You can still post here or at the given link.... Although I would prefer here (I like the nice colors here.. lol  )


----------



## Soapm (May 9, 2007)

A 20 gig Tivo, that's an upgrade waiting to happen...


----------



## robomeister (Feb 4, 2005)

I think what rbtravis is saying is the new drive for you new TiVo must be at least as big as the stock drive that it originally had. According to wikipedia (which is notoriously inaccurate, but whatever), the smallest drive you can put into your new TiVo is a 22 GB drive.

I know this can happen, because I tried putting a 80GB drive that came out of a working Pioneer DVR-810H-S into a Pioneer DVR-57H (which requires a 120 GB minimum drive), and it didn't work. The images are compatible (I've tested this, too), but the drive wasn't big enough for the DVR-57H. So it never booted up.

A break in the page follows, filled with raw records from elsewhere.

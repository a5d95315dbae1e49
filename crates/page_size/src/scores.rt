//! How the page size is told from the pages.
ghost use Rattle.std.specs.Prelude.{◌≡◌, ◌≤◌, ◌<◌, ◌+◌, ◌-◌, ◌*◌, ◌/◌, List, length, map, is_ok, IsTrue, All, IfOk, IfSome, IfNone, OnOk, Some, nat_le, nat_lt, ◌&&◌};
ghost use Rattle.std.specs.List.{list_all, range_with_len};
ghost use Rattle.std.specs.Option.{option_map};
ghost use Rattle.page_access.specs.Files.{max_input};
ghost use Rattle.page_access.specs.Outside.{HasCause, HasCauseOf, KeepsSource};
ghost use Rattle.page_access.specs.Pages.{page_of};
ghost use Rattle.cell_reader.specs.Shape.{shape_at, shape_of};
ghost use Rattle.cell_reader.specs.Cell.{cell_of};
ghost use Rattle.page_size.specs.Rule.{IsCut, IsUsable};
ghost use Rattle.page_size.specs.Score.{are_read, is_plausible, plausible_pages, ranking, score, winner};

use crate::headers::PAGE_SIZES;
use cell_reader::{PageShape, cell, shape};
use page_access::{Failed, Geometry, ReadFault, Source, load};
use std::alloc::{AllocError, Global};

// A page size with its score.
#[derive(Clone, Copy, Debug, PartialEq, Eq)]
pub struct Score {
    pub size: u32,
    pub pages: u32,
}

/// The pages of a file of this length, where it has a whole one.
pub fn geometry_of(len: u64, size: u32, reserved: u8) -> Option<Geometry>
    requires len { len ≤ max_input }
    requires size { IsUsable size reserved }
    ensures found { IfSome result (λ g. IsCut len size reserved g.page_size g.usable g.pages) }
    ensures none { IfNone result (len < size) }
{
    if len < u64::from(size) {
        return None;
    }
    Some(Geometry {
        page_size: size,
        usable: size - u32::from(reserved),
        pages: (len / u64::from(size)) as u32,
    })
}

// Whether each cell of a page with this shape can be read.
fn are_cells_read(page: &[u8], shape: &PageShape, geo: &Geometry) -> bool
    requires whole { geo.now.usable ≤ length page.now }
    requires of_page { shape_at page.now shape.now.head geo.now.usable ≡ Some shape.now }
    ensures { result ≡ are_read page.now geo.now.usable geo.now.pages shape.now }
{
    for i in 0..shape.cells {
        if cell(page, shape, geo, i).is_err() {
            return false;
        }
    }
    true
}

// Whether the page with this number looks like a page of a tree.
#[tactic(auto, unfolding(crate::specs::Score::is_plausible))]
fn is_plausible_page(page: &[u8], number: u32, geo: &Geometry) -> bool
    requires { geo.now.usable ≤ length page.now }
    ensures { result ≡ is_plausible page.now number geo.now.usable geo.now.pages }
{
    match shape(page, number, geo) {
        None => false,
        Some(shape) => shape.cells > 0 && are_cells_read(page, &shape, geo),
    }
}

// How many pages look like pages of a tree. Each is read to `page` in turn.
fn count_plausible<S: Source>(src: &mut S, geo: &Geometry, page: &mut [u8]) -> Result<u32, Failed>
    requires { length page.old ≡ geo.now.page_size }
    ensures value { IfOk result (λ n. IfSome (S.bytes src.old)
        (λ all. n ≡ plausible_pages all geo.now.page_size geo.now.usable geo.now.pages)) }
    ensures cause { HasCause (S.faults src.old) (S.faults src.new) result }
    ensures kept { KeepsSource S.bytes S.attached S.faults S.reads src.old src.new }
    ensures reads { IfSome (S.bytes src.old) (λ all.
        geo.now.pages * geo.now.page_size ≤ length all →
        S.reads src.new ≤ S.reads src.old + geo.now.pages) }
{
    let mut count = 0;
    for number in 1..geo.pages + 1 {
        load(src, geo, number, page)?;
        count += u32::from(is_plausible_page(page, number, geo));
    }
    Ok(count)
}

// The score of a page size. Each page is read to `page` in turn.
#[tactic(auto, unfolding(crate::specs::Score::score))]
fn score_of<S: Source>(
    src: &mut S,
    len: u64,
    size: u32,
    reserved: u8,
    page: &mut [u8],
) -> Result<u32, Failed>
    requires len { len ≤ max_input }
    requires size { IsUsable size reserved }
    requires page { length page.old ≡ size }
    ensures value { IfOk result (λ n. IfSome (S.bytes src.old)
        (λ all. length all ≡ len → n ≡ score all size reserved)) }
    ensures cause { HasCause (S.faults src.old) (S.faults src.new) result }
    ensures kept { KeepsSource S.bytes S.attached S.faults S.reads src.old src.new }
    ensures reads { IfSome (S.bytes src.old)
        (λ all. length all ≡ len → S.reads src.new ≤ S.reads src.old + len / size) }
{
    match geometry_of(len, size, reserved) {
        Some(geo) => count_plausible(src, &geo, page),
        None => Ok(0),
    }
}

/// Each page size that leaves enough usable bytes, with its score, the smallest size first. Each
/// page is read to the front of `page` in turn.
pub fn rank<S: Source>(
    alloc: Global,
    src: &mut S,
    len: u64,
    reserved: u8,
    page: &mut [u8],
) -> Result<Vec<Score>, ReadFault>
    requires len { len ≤ max_input }
    requires page { length page.old ≡ 65536 }
    ensures value { IfOk result (λ v. IfSome (S.bytes src.old)
        (λ all. length all ≡ len → v.items ≡ ranking all reserved)) }
    ensures usable { IfOk result (λ v. All (λ s. IsUsable s.size reserved) v.items) }
    ensures cause { HasCauseOf ReadFault.Source (S.faults src.old) (S.faults src.new) result }
    ensures kept { KeepsSource S.bytes S.attached S.faults S.reads src.old src.new }
    ensures reads { IfSome (S.bytes src.old)
        (λ all. length all ≡ len → S.reads src.new ≤ S.reads src.old + len / 256) }
{
    let mut scores = Vec::new(alloc);
    for size in PAGE_SIZES {
        if size < u32::from(reserved) + 480 {
            continue;
        }
        let pages = score_of(src, len, size, reserved, &mut page[..size as usize])?;
        scores.push(Score { size, pages })?;
    }
    Ok(scores)
}

/// So many zeros.
pub fn zeros(alloc: Global, len: usize) -> Result<Vec<u8>, AllocError>
    ensures { IfOk result (λ v. length v.items ≡ len) }
{
    vec![in alloc; 0; len]
}

// Whether no score is higher.
fn is_highest(score: &Score, scores: &[Score]) -> bool
    ensures { result ≡ list_all (λ t. nat_le t.pages score.now.pages) scores.now }
{
    scores.iter().all(|other| other.pages <= score.pages)
}

/// The score that wins: it is over 0, none is higher, and of several such it is the first.
pub fn best(scores: &[Score]) -> Option<Score>
    ensures { result ≡ winner scores.now }
{
    for score in scores {
        if score.pages > 0 && is_highest(score, scores) {
            return Some(*score);
        }
    }
    None
}
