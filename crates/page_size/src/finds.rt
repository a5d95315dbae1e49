//! How the pages of a file are found.
ghost use Rattle.std.specs.Prelude.{◌≡◌, ◌≢◌, ◌≤◌, ◌<◌, ◌+◌, ◌*◌, ◌/◌, ℕ, IsTrue, Some, None, IsErrOf, IfOk, IfSome, is_none, length, if◌then◌else◌};
ghost use Rattle.std.specs.Option.{option_or};
ghost use Rattle.page_access.specs.Files.{max_input};
ghost use Rattle.page_access.specs.Outside.{HasCause, HasCauseOf, KeepsSource};
ghost use Rattle.page_access.specs.Pages.{is_page_size};
ghost use Rattle.page_size.specs.declared.finds.GeoFault.TheVariants.{Source, Memory};
ghost use Rattle.page_size.specs.Fields.{header_of};
ghost use Rattle.page_size.specs.Rule.{IsByRule, IsUsable, fault_of, given_sizing, is_scored, own_reserved, rule, scored_sizing};

use crate::headers::{Header, read_header};
use crate::scores::{best, geometry_of, rank, zeros};
use page_access::{Failed, Geometry, ReadFault, Source, read_front};
use std::alloc::{AllocError, Global};
use thiserror::Error;

/// Where a page size comes from.
#[derive(Clone, Copy, Debug, PartialEq, Eq)]
pub enum Origin {
    /// From the header of the file.
    Header,
    /// From the pages, by their scores.
    Pages,
    /// From the command line.
    Chosen,
    /// From nowhere: the file is empty.
    Empty,
}

/// The pages of a file.
#[derive(Clone, Copy, Debug)]
pub struct Found {
    /// How the file is cut into pages.
    pub geometry: Geometry,
    /// Where the page size comes from.
    pub origin: Origin,
    /// What the header says.
    pub header: Header,
}

/// Why no pages were found.
#[derive(Clone, Copy, Debug, PartialEq, Eq, Error)]
pub enum GeoFault {
    /// Neither the header nor a page tells the page size.
    #[error("no page size found")]
    NoPageSize,
    /// The file is shorter than a page.
    #[error("no whole page: {len} bytes, page size {size}")]
    NoWholePage {
        /// Bytes of the file.
        len: u64,
        /// Bytes of a page.
        size: u32,
    },
    /// A call of the source failed.
    #[error("the source could not be read")]
    Source,
    /// There was no memory.
    #[error("out of memory")]
    Memory,
}

impl From<Failed> for GeoFault {
    ghost from_gives = { λ _ e. e ≡ Source };

    fn from(_: Failed) -> Self {
        GeoFault::Source
    }
}

impl From<ReadFault> for GeoFault {
    ghost from_gives = { λ fault e. e ≡ fault_of fault };

    fn from(fault: ReadFault) -> Self {
        match fault {
            ReadFault::Source => GeoFault::Source,
            ReadFault::Memory => GeoFault::Memory,
        }
    }
}

// A page size with its reserved bytes.
#[derive(Clone, Copy, Debug, PartialEq, Eq)]
pub struct Sizing {
    pub size: u32,
    pub reserved: u8,
    pub origin: Origin,
}

// The reserved bytes of a chosen page size, where no option gives them.
fn own_reserved(header: &Header, size: u32) -> u8
    requires { 480 ≤ size }
    ensures exact { result ≡ own_reserved header.now size }
    ensures enough { result + 480 ≤ size }
{
    let enough = u32::from(header.reserved) + 480 <= size;
    if header.size == size && enough {
        header.reserved
    } else {
        0
    }
}

// The page size and the reserved bytes that the options and the header give.
fn given_sizing(header: &Header, page_size: Option<u32>, reserved: Option<u8>) -> Option<Sizing>
    requires header { header.now.size ≢ 0 → IsTrue (is_page_size header.now.size) }
    requires size { IfSome page_size (λ s. IsTrue (is_page_size s)) }
    requires enough { IfSome page_size (λ s. IfSome reserved (λ r. r + 480 ≤ s)) }
    ensures exact { result ≡ given_sizing header.now page_size reserved }
    ensures usable { IfSome result (λ s. IsUsable s.size s.reserved) }
{
    if let Some(size) = page_size {
        let reserved = match reserved {
            Some(reserved) => reserved,
            None => own_reserved(header, size),
        };
        return Some(Sizing {
            size,
            reserved,
            origin: Origin::Chosen,
        });
    }
    let reserved = reserved.unwrap_or(header.reserved);
    if header.size == 0 || header.size < u32::from(reserved) + 480 {
        return None;
    }
    Some(Sizing {
        size: header.size,
        reserved,
        origin: Origin::Header,
    })
}

// The page size and the reserved bytes that the scores give.
fn scored_sizing<S: Source>(
    alloc: Global,
    src: &mut S,
    len: u64,
    reserved: Option<u8>,
) -> Result<Option<Sizing>, ReadFault>
    requires { len ≤ max_input }
    ensures value { IfOk result (λ o. IfSome (S.bytes src.old)
        (λ all. length all ≡ len → o ≡ scored_sizing all reserved)) }
    ensures usable { IfOk result (λ o. IfSome o (λ s. IsUsable s.size s.reserved)) }
    ensures cause { HasCauseOf ReadFault.Source (S.faults src.old) (S.faults src.new) result }
    ensures kept { KeepsSource S.bytes S.attached S.faults S.reads src.old src.new }
    ensures reads { IfSome (S.bytes src.old)
        (λ all. length all ≡ len → S.reads src.new ≤ S.reads src.old + len / 256) }
{
    let reserved = reserved.unwrap_or(0);
    let mut page = zeros(alloc, 65536)?;
    let scores = rank(alloc, src, len, reserved, &mut page)?;
    let Some(score) = best(&scores) else {
        return Ok(None);
    };
    Ok(Some(Sizing {
        size: score.size,
        reserved,
        origin: Origin::Pages,
    }))
}

// The header of a source of this length. Its first bytes are read to `first`.
fn header_of_source<S: Source>(src: &mut S, len: u64, first: &mut [u8]) -> Result<Header, Failed>
    requires { length first.old ≡ 100 }
    ensures value { IfOk result (λ h. IfSome (S.bytes src.old)
        (λ all. length all ≡ len → h ≡ header_of all)) }
    ensures size { IfOk result (λ h. h.size ≢ 0 → IsTrue (is_page_size h.size)) }
    ensures cause { HasCause (S.faults src.old) (S.faults src.new) result }
    ensures kept { KeepsSource S.bytes S.attached S.faults S.reads src.old src.new }
    ensures reads { IfSome (S.bytes src.old)
        (λ all. length all ≡ len → S.reads src.new ≤ S.reads src.old + 1) }
{
    let front = &mut first[..len.min(100) as usize];
    read_front(src, front)?;
    Ok(read_header(front))
}

// The page size and the reserved bytes, where the options, the header or the scores give them.
fn sizing_of<S: Source>(
    alloc: Global,
    src: &mut S,
    len: u64,
    header: &Header,
    page_size: Option<u32>,
    reserved: Option<u8>,
) -> Result<Option<Sizing>, ReadFault>
    requires len { len ≤ max_input }
    requires header { header.now.size ≢ 0 → IsTrue (is_page_size header.now.size) }
    requires size { IfSome page_size (λ s. IsTrue (is_page_size s)) }
    requires enough { IfSome page_size (λ s. IfSome reserved (λ r. r + 480 ≤ s)) }
    ensures value { IfOk result (λ o. IfSome (S.bytes src.old) (λ all. length all ≡ len →
        o ≡ option_or (given_sizing header.now page_size reserved) (scored_sizing all reserved))) }
    ensures usable { IfOk result (λ o. IfSome o (λ s. IsUsable s.size s.reserved)) }
    ensures cause { HasCauseOf ReadFault.Source (S.faults src.old) (S.faults src.new) result }
    ensures kept { KeepsSource S.bytes S.attached S.faults S.reads src.old src.new }
    ensures reads { IfSome (S.bytes src.old) (λ all. length all ≡ len →
        S.reads src.new ≤ S.reads src.old
        + (if is_none (given_sizing header.now page_size reserved) then len / 256 else 0)) }
    // memory is asked for only where the sizes are scored
    ensures memory { IsErrOf result ReadFault.Memory
        → IsTrue (is_none (given_sizing header.now page_size reserved)) }
{
    match given_sizing(header, page_size, reserved) {
        Some(sizing) => Ok(Some(sizing)),
        None => scored_sizing(alloc, src, len, reserved),
    }
}

/// The pages of a source of `len` bytes, from 1 to 2^28. `page_size` is a page size, and `reserved`
/// leaves 480 bytes of it. A chosen page size comes first, then the header's where it is one and
/// leaves 480 usable bytes, then the one whose pages look most like pages of trees. `NoPageSize`
/// where no page looks so, `NoWholePage` where the page size is over `len`, `Memory` only where the pages
/// have to be looked at.
pub fn find_geometry<S: Source>(
    alloc: Global,
    src: &mut S,
    len: u64,
    page_size: Option<u32>,
    reserved: Option<u8>,
) -> Result<Found, GeoFault>
    requires len_least { 1 ≤ len }
    requires len_most { len ≤ max_input }
    requires size { IfSome page_size (λ s. IsTrue (is_page_size s)) }
    requires enough { IfSome page_size (λ s. IfSome reserved (λ r. r + 480 ≤ s)) }
    ensures exact { IfSome (S.bytes src.old)
        (λ all. length all ≡ len → IsByRule result (rule all page_size reserved)) }
    ensures pages { IfOk result (λ f. f.geometry.pages ≡ len / f.geometry.page_size) }
    ensures no_whole_page { (n s : ℕ) → IsErrOf result (GeoFault.NoWholePage n s) →
        (n ≡ len) × (len < s) }
    ensures cause { HasCauseOf GeoFault.Source (S.faults src.old) (S.faults src.new) result }
    ensures kept { KeepsSource S.bytes S.attached S.faults S.reads src.old src.new }
    ensures reads { IfSome (S.bytes src.old) (λ all. length all ≡ len →
        S.reads src.new ≤ S.reads src.old + 1
        + (if is_scored all page_size reserved then len / 256 else 0)) }
    // memory is asked for only where the sizes are scored
    ensures memory { IfSome (S.bytes src.old) (λ all. length all ≡ len →
        IsErrOf result GeoFault.Memory → IsTrue (is_scored all page_size reserved)) }
{
    let header = header_of_source(src, len, &mut [0; 100])?;
    let Some(sizing) = sizing_of(alloc, src, len, &header, page_size, reserved)? else {
        return Err(GeoFault::NoPageSize);
    };
    let size = sizing.size;
    let Some(geometry) = geometry_of(len, size, sizing.reserved) else {
        return Err(GeoFault::NoWholePage { len, size });
    };
    Ok(Found {
        geometry,
        origin: sizing.origin,
        header,
    })
}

So you can try the 20GB drive, but it might not work. Good luck.

robomeister


----------



## classicsat (Feb 18, 2004)

IIRC, the smallest Philips drive was 13-15GB, so as long as you got that image, it will fit on that 20GB drive, and work.


----------



## Ctcwired (Sep 24, 2007)

I KNOW THIS IS TRUE BECAUSE I GOT THIS INFO DIRECTLY FROM LUO JACOB (a moderator of InstantCake)

He only said this to me and therefor I am not going to assume that this is for all models...

I told him I have a Series 1 HDR212... He told me that anything larger that 14GB should work fine.. Although he did give me the obvious suggestion that getting a bigger drive means MORE recording time.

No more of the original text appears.